Trixie, um, doesn’t see anything on the floor to pick up,” she noted. “Not that I’d pick up after another pony, anyways!”
“You don’t have very many friends, do you?”
“My only two friends are an insane princess who sends the town into chaos on a weekly basis, and a villain who tried to destroy time itself. Yeah, ponies are just lining up to be my friend.”

:rainbowderp:...well, that is the first thing I've seen Trixie even called them friends, and second, those are some rather specific things to refer to Twilight and Starlight Glimmer, respectively...

...of course, I can be completely wrong. :facehoof:

7201222 in last week's episode she made friends with Starlight and kinda Twilight.

7201040 Thanks for the idea for next chapter.

Flitter: Uh, uh! Using your magic is considered unfair since not every worker here can! We want you to give it 110% every day, and that means working just as hard as everypony else! And remember, the customer is always right!

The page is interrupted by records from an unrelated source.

//! Script sources: what may stand before the code of a file.
ghost use Rattle.std.specs.Prelude.{◌≡◌, ◌≢◌, ◌⊎◌, IfErr, IfOk, IsUtf8, unwrap_or};
ghost use Rattle.rap_frontmatter.specs.Script.{EndsBlankLines, EndsShebang};
ghost use Rattle.rap_c.specs.Given.{IsRefusal};
ghost use Rattle.rap_c.specs.Script.{ArePartsUntouched, ComesOfBytes, ComesOfCutting, ComesOfScript, IsCut, IsEndGiven, IsReport, IsReported, parts_of, shown_of};
ghost use Rattle.rap_c.specs.Filling.{overwritten};

use crate::answer::{Fault, NO_SCRIPT, OK, RapAnswer, settle};
use crate::filler::put_bytes;
use crate::part::{RapPart, part_at, part_of, put_parts};
use crate::reading::text_of;
use ra_ap_parser::frontmatter::{
    FrontmatterError, ScriptFault, ScriptSource, strip_shebang, strip_ws_lines,
};
use std::alloc::Global;

/// What a refusal shows: where it is, and what stands beside it.
fn shown(alloc: Global, error: &FrontmatterError) -> Result<Vec<RapPart>, Fault>
    ensures parts { IfOk result (λ parts. parts.items ≡ shown_of error.now) }
    ensures fault { IfErr result (λ fault. fault ≡ Fault.NoMemory) }
{
    let mut parts = Vec::new(alloc);
    let Ok(()) = parts.push(part_at(&error.primary_span())) else {
        return Err(Fault::NoMemory);
    };
    'spans: for span in error.visible_spans() {
        let Ok(()) = parts.push(part_at(span)) else {
            return Err(Fault::NoMemory);
        };
    }
    Ok(parts)
}

/// Fills the room with the parts of a script source.
fn fill_cut(script: &ScriptSource<'_>, parts: &mut [RapPart])
    ensures { parts.new ≡ overwritten parts.old (parts_of script.now) }
{
    put_parts(
        parts,
        &[
            part_of(&script.shebang_span()),
            part_of(&script.open_span()),
            part_of(&script.info_span()),
            part_of(&script.frontmatter_span()),
            part_of(&script.close_span()),
            part_at(&script.content_span()),
        ],
    );
}

/// Fills the room with what refuses a text.
fn fill_report(
    alloc: Global,
    error: &FrontmatterError,
    used: usize,
    parts: &mut [RapPart],
    messages: &mut [u8],
) -> Result<RapAnswer, Fault>
    ensures given { IfOk result (IsReport error.now used parts.old parts.new messages.old messages.new) }
    ensures fault { IfErr result (λ fault. fault ≡ Fault.NoMemory) }
    ensures untouched { IfErr result (λ _. ArePartsUntouched parts.old parts.new messages.old messages.new) }
{
    let shown = shown(alloc, error)?;
    put_parts(parts, shown.as_slice());
    put_bytes(messages, 0, error.message().as_bytes());
    Ok(RapAnswer {
        status: NO_SCRIPT,
        steps: shown.len(),
        message_bytes: error.message().len(),
        used,
    })
}

/// Fills the room with the parts of the text, or with what refuses it.
fn fill_script(
    alloc: Global,
    text: &str,
    parts: &mut [RapPart],
    messages: &mut [u8],
) -> Result<RapAnswer, Fault>
    ensures given { IfOk result (λ answer. IsCut text.now parts.old parts.new messages.old messages.new answer ⊎ IsReported text.now parts.old parts.new messages.old messages.new answer) }
    ensures fault { IfErr result (ComesOfCutting text.now) }
    ensures untouched { IfErr result (λ _. ArePartsUntouched parts.old parts.new messages.old messages.new) }
{
    match ScriptSource::parse(alloc, text) {
        Ok(script) => {
            fill_cut(&script, parts);
            Ok(RapAnswer {
                status: OK,
                steps: 6,
                message_bytes: 0,
                used: text.len(),
            })
        }
        Err(ScriptFault::Refused(error)) => fill_report(alloc, &error, text.len(), parts, messages),
        Err(ScriptFault::NoMemory) => Err(Fault::NoMemory),
    }
}

/// Reads the bytes, and fills the room.
fn script(
    alloc: Global,
    text: &[u8],
    parts: &mut [RapPart],
    messages: &mut [u8],
) -> Result<RapAnswer, Fault>
    ensures given { IfOk result (λ answer. IsUtf8 text.now × (IsCut text.now parts.old parts.new messages.old messages.new answer ⊎ IsReported text.now parts.old parts.new messages.old messages.new answer)) }
    ensures fault { IfErr result (ComesOfScript text.now) }
    ensures untouched { IfErr result (λ _. ArePartsUntouched parts.old parts.new messages.old messages.new) }
{
    let text = text_of(text)?;
    fill_script(alloc, text, parts, messages)
}

/// Cuts the text into a shebang, a frontmatter and its content, and fills the slice with its six parts. Where the text is
/// refused the status is 12, and the slices have the parts to show, the one that the message is about first, and the
/// message.
#[unsafe(no_mangle)]
pub extern "C" fn rap_script(
    alloc: Global,
    text: &[u8],
    parts: &mut [RapPart],
    messages: &mut [u8],
) -> RapAnswer
    ensures cut { result.status ≡ 0 → IsUtf8 text.now × IsCut text.now parts.old parts.new messages.old messages.new result }
    ensures reported { result.status ≡ 12 → IsUtf8 text.now × IsReported text.now parts.old parts.new messages.old messages.new result }
    ensures refused { result.status ≢ 0 → result.status ≢ 12 → IsRefusal (ComesOfScript text.now) result × ArePartsUntouched parts.old parts.new messages.old messages.new }
{
    settle(script(alloc, text, parts, messages))
}

/// What says where something ends, or nowhere.
fn end_given(end: Option<usize>) -> RapAnswer
    ensures { result ≡ record { status = 0; steps = 0; message_bytes = 0; used = unwrap_or end 0 } }
{
    RapAnswer {
        status: OK,
        steps: 0,
        message_bytes: 0,
        used: end.unwrap_or(0),
    }
}

/// Reads the bytes, and says where the shebang ends.
fn shebang(text: &[u8]) -> Result<RapAnswer, Fault>
    ensures given { IfOk result (IsEndGiven EndsShebang text.now) }
    ensures fault { IfErr result (ComesOfBytes text.now) }
{
    let text = text_of(text)?;
    Ok(end_given(strip_shebang(text)))
}

/// Says where the shebang ends, with its line feed; 0 where there is none.
#[unsafe(no_mangle)]
pub extern "C" fn rap_shebang(text: &[u8]) -> RapAnswer
    ensures shebang { result.status ≡ 0 → IsEndGiven EndsShebang text.now result }
    ensures refused { result.status ≢ 0 → IsRefusal (ComesOfBytes text.now) result }
{
    settle(shebang(text))
}

/// Reads the bytes, and says where the blank lines end.
fn blank_lines(text: &[u8]) -> Result<RapAnswer, Fault>
    ensures given { IfOk result (IsEndGiven EndsBlankLines text.now) }
    ensures fault { IfErr result (ComesOfBytes text.now) }
{
    let text = text_of(text)?;
    Ok(end_given(strip_ws_lines(text)))
}

/// Says where the longest run of white space that begins the text and ends with a line feed ends; 0 where there is none.
#[unsafe(no_mangle)]
pub extern "C" fn rap_blank_lines(text: &[u8]) -> RapAnswer
    ensures blank { result.status ≡ 0 → IsEndGiven EndsBlankLines text.now result }
    ensures refused { result.status ≢ 0 → IsRefusal (ComesOfBytes text.now) result }
{
    settle(blank_lines(text))
}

7198868 I could think of something else that could go in her mouth.


And by that, I mean some good old fruit roll ups.

Not since she had played on the Tiger R-Zone had her eyes been so violently assaulted

AVGN reference?

Trixie's little habit of trying to spin herself is interesting to see here. Though, considering the name, I do question whether no villain is, in fact, left behind.

Great start!

That "coming up with rhyming words for pooping and leaving" bit was sitcom-quality! :rainbowlaugh:

I like this already. Don't know why I like, Spike, having relationship's with, Twilight's "personal enemies/rivals", but I do!:moustache::facehoof:

“That, my friend, could be nothing other than the most feared occurence in all of the food industry." Flitter's eyes narrowed as she turned toward Trixie. "The shit and ditch.”
“You mean to tell me she excreted and retreated?” Trixie asked, stunned.
“She took a poop and flew the coop!” Flitter grinned a sort of unintentionally sadistic grin that scared Trixie more than any Ursa she ever faced. Or maybe it was intentional; Flitter had become an enigma despite getting used to her.


Author's Note:
Missy: Just so you know, we were not drunk or high in the making of this.
Seven: She’s a lying skank, I was drinking the entire time and I’m proud of it.
Famous: I can smell colors.


This was entertaining in that "Oh Gods I'm having flashbacks of my time at Wal-Mart" kind of way. Funny, but kinda horrifying at the same time.

“But mark my words, little dragon, soon I will be so far ahead in this fast food chain that you’ll be cleaning my private restroom for me!”

I wonder what other private things she wants to make Spike do for her...

I'm sure you're thinking this is probably going to be very good. It isn't.

Dude. It features Spike and Trixie not only existing in the same room, but directly interacting with one another. It's already one of the best fucking things I've ever read.

With the determination of post-9/11 airport security, she made her way towards the hellhole of a bathroom.

I'm sure this line is responsible for at least one of those three downvotes.

Ah, the infamous Toot and Scoot. I love the descriptions.